_Task prompt_. All the data should be transcribed exactly, with every line kept.
━━ Records provided
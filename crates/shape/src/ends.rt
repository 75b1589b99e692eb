// Rule 11: a letter that ends a thread and can also be followed inside it. What a part has of a letter is made of what its operands have of it, and is made for up to 64 letters
// at a time, with a set in place of each test.

ghost use Rattle.std.specs.Prelude.{◌≡◌, ℕ, ◌+◌, ◌<◌, false, eqb};
ghost use Rattle.shape.specs.Walk.{kinds, lefts, rights};
ghost use Rattle.shape.specs.Sets.{has, Passing};
ghost use Rattle.shape.specs.Ends.{Ends, letter_ends, seq_ends, alt_ends, star_ends, pipe_ends, ends_of, open_at};
ghost use Rattle.shape.specs.Lowest.{Lowest};

use super::sets::{kept, lowest_by, one};
use super::walk::{Summary, walk};

// What a part has of letters: whether the part is nullable, and the letters that can come last in it, those that can be followed in it, and those that are an open end of a
// thread in it.
#[derive(Clone, Copy)]
pub(crate) struct EndSets {
    pub nullable: bool,
    pub last: u64,
    pub followed: u64,
    pub fault: u64,
}

// A letter, by the set that has it alone.
fn letter_ends(own: u64) -> EndSets
    ensures { (x : ℕ) → ends_of x result ≡ letter_ends (has x own) }
{
    EndSets {
        nullable: false,
        last: own,
        followed: 0,
        fault: 0,
    }
}

impl Summary for EndSets {
    ghost One = { Ends };

    ghost of = { ends_of };

    ghost nothing_of = { letter_ends false };

    ghost seq_of = { seq_ends };

    ghost alt_of = { alt_ends };

    ghost star_of = { star_ends };

    ghost pipe_of = { pipe_ends };

    fn nothing() -> EndSets {
        letter_ends(0)
    }

    // What comes last in e is followed by f.
    fn seq(self, f: EndSets) -> EndSets {
        EndSets {
            nullable: self.nullable & f.nullable,
            last: f.last | kept(f.nullable, self.last),
            followed: self.followed | f.followed | self.last,
            fault: self.fault | f.fault,
        }
    }

    fn alt(self, f: EndSets) -> EndSets {
        EndSets {
            nullable: self.nullable | f.nullable,
            last: self.last | f.last,
            followed: self.followed | f.followed,
            fault: self.fault | f.fault,
        }
    }

    // What comes last in e is followed by e.
    fn star(self) -> EndSets {
        EndSets {
            nullable: true,
            last: self.last,
            followed: self.followed | self.last,
            fault: self.fault,
        }
    }

    fn pipe(self, f: EndSets) -> EndSets {
        EndSets {
            nullable: false,
            last: self.last,
            followed: self.followed | f.followed,
            fault: (f.last & f.followed) | (self.fault | f.fault),
        }
    }
}

// What a letter's row has of the 64 letters from `first` on.
fn letter_at(letter: usize, first: usize) -> EndSets
    ensures { (x : ℕ) → x < 64 → ends_of x result ≡ letter_ends (eqb letter (first + x)) }
{
    letter_ends(one(letter, first))
}

// The letters of the 64 from `first` on that are an open end of a thread of the monitor at `row`.
fn open_from(table: &[u64], row: usize, first: usize) -> u64
    ensures { Passing (open_at (kinds table.now) (lefts table.now) (rights table.now) row) first (first + 64) result }
{
    let letter = |letter: usize| letter_at(letter, first);
    walk(table, &letter, 1024, row).fault
}

// The lowest letter from `first` on and below `end` that is an open end.
pub(crate) fn lowest_open(table: &[u64], row: usize, first: usize, end: usize) -> Option<usize>
    ensures { Lowest (open_at (kinds table.now) (lefts table.now) (rights table.now) row) first end result }
{
    lowest_by(first, end, |from, _stop| open_from(table, row, from))
}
━━━━
_Reply to the task_.
filename crates/shape/src/ends.rt
repository 75b1589b99e692eb
// Rule 11: a letter that ends a thread and can also be followed inside it. What a part has of a letter is made of what its operands have of it, and is made for up to 64 letters
// at a time, with a set in place of each test.

ghost use Rattle.std.specs.Prelude.{◌≡◌, ℕ, ◌+◌, ◌<◌, false, eqb};
ghost use Rattle.shape.specs.Walk.{kinds, lefts, rights};
ghost use Rattle.shape.specs.Sets.{has, Passing};
ghost use Rattle.shape.specs.Ends.{Ends, letter_ends, seq_ends, alt_ends, star_ends, pipe_ends, ends_of, open_at};
ghost use Rattle.shape.specs.Lowest.{Lowest};

use super::sets::{kept, lowest_by, one};
use super::walk::{Summary, walk};

// What a part has of letters: whether the part is nullable, and the letters that can come last in it, those that can be followed in it, and those that are an open end of a
// thread in it.
#[derive(Clone, Copy)]
pub(crate) struct EndSets {
    pub nullable: bool,
    pub last: u64,
    pub followed: u64,
    pub fault: u64,
}

// A letter, by the set that has it alone.
fn letter_ends(own: u64) -> EndSets
    ensures { (x : ℕ) → ends_of x result ≡ letter_ends (has x own) }
{
    EndSets {
        nullable: false,
        last: own,
        followed: 0,
        fault: 0,
    }
}

impl Summary for EndSets {
    ghost One = { Ends };

    ghost of = { ends_of };

    ghost nothing_of = { letter_ends false };

    ghost seq_of = { seq_ends };

    ghost alt_of = { alt_ends };

    ghost star_of = { star_ends };

    ghost pipe_of = { pipe_ends };

    fn nothing() -> EndSets {
        letter_ends(0)
    }

    // What comes last in e is followed by f.
    fn seq(self, f: EndSets) -> EndSets {
        EndSets {
            nullable: self.nullable & f.nullable,
            last: f.last | kept(f.nullable, self.last),
            followed: self.followed | f.followed | self.last,
            fault: self.fault | f.fault,
        }
    }

    fn alt(self, f: EndSets) -> EndSets {
        EndSets {
            nullable: self.nullable | f.nullable,
            last: self.last | f.last,
            followed: self.followed | f.followed,
            fault: self.fault | f.fault,
        }
    }

    // What comes last in e is followed by e.
    fn star(self) -> EndSets {
        EndSets {
            nullable: true,
            last: self.last,
            followed: self.followed | self.last,
            fault: self.fault,
        }
    }

    fn pipe(self, f: EndSets) -> EndSets {
        EndSets {
            nullable: false,
            last: self.last,
            followed: self.followed | f.followed,
            fault: (f.last & f.followed) | (self.fault | f.fault),
        }
    }
}

// What a letter's row has of the 64 letters from `first` on.
fn letter_at(letter: usize, first: usize) -> EndSets
    ensures { (x : ℕ) → x < 64 → ends_of x result ≡ letter_ends (eqb letter (first + x)) }
{
    letter_ends(one(letter, first))
}

// The letters of the 64 from `first` on that are an open end of a thread of the monitor at `row`.
fn open_from(table: &[u64], row: usize, first: usize) -> u64
    ensures { Passing (open_at (kinds table.now) (lefts table.now) (rights table.now) row) first (first + 64) result }
{
    let letter = |letter: usize| letter_at(letter, first);
    walk(table, &letter, 1024, row).fault
}

// The lowest letter from `first` on and below `end` that is an open end.
pub(crate) fn lowest_open(table: &[u64], row: usize, first: usize, end: usize) -> Option<usize>
    ensures { Lowest (open_at (kinds table.now) (lefts table.now) (rights table.now) row) first end result }
{
    lowest_by(first, end, |from, _stop| open_from(table, row, from))
}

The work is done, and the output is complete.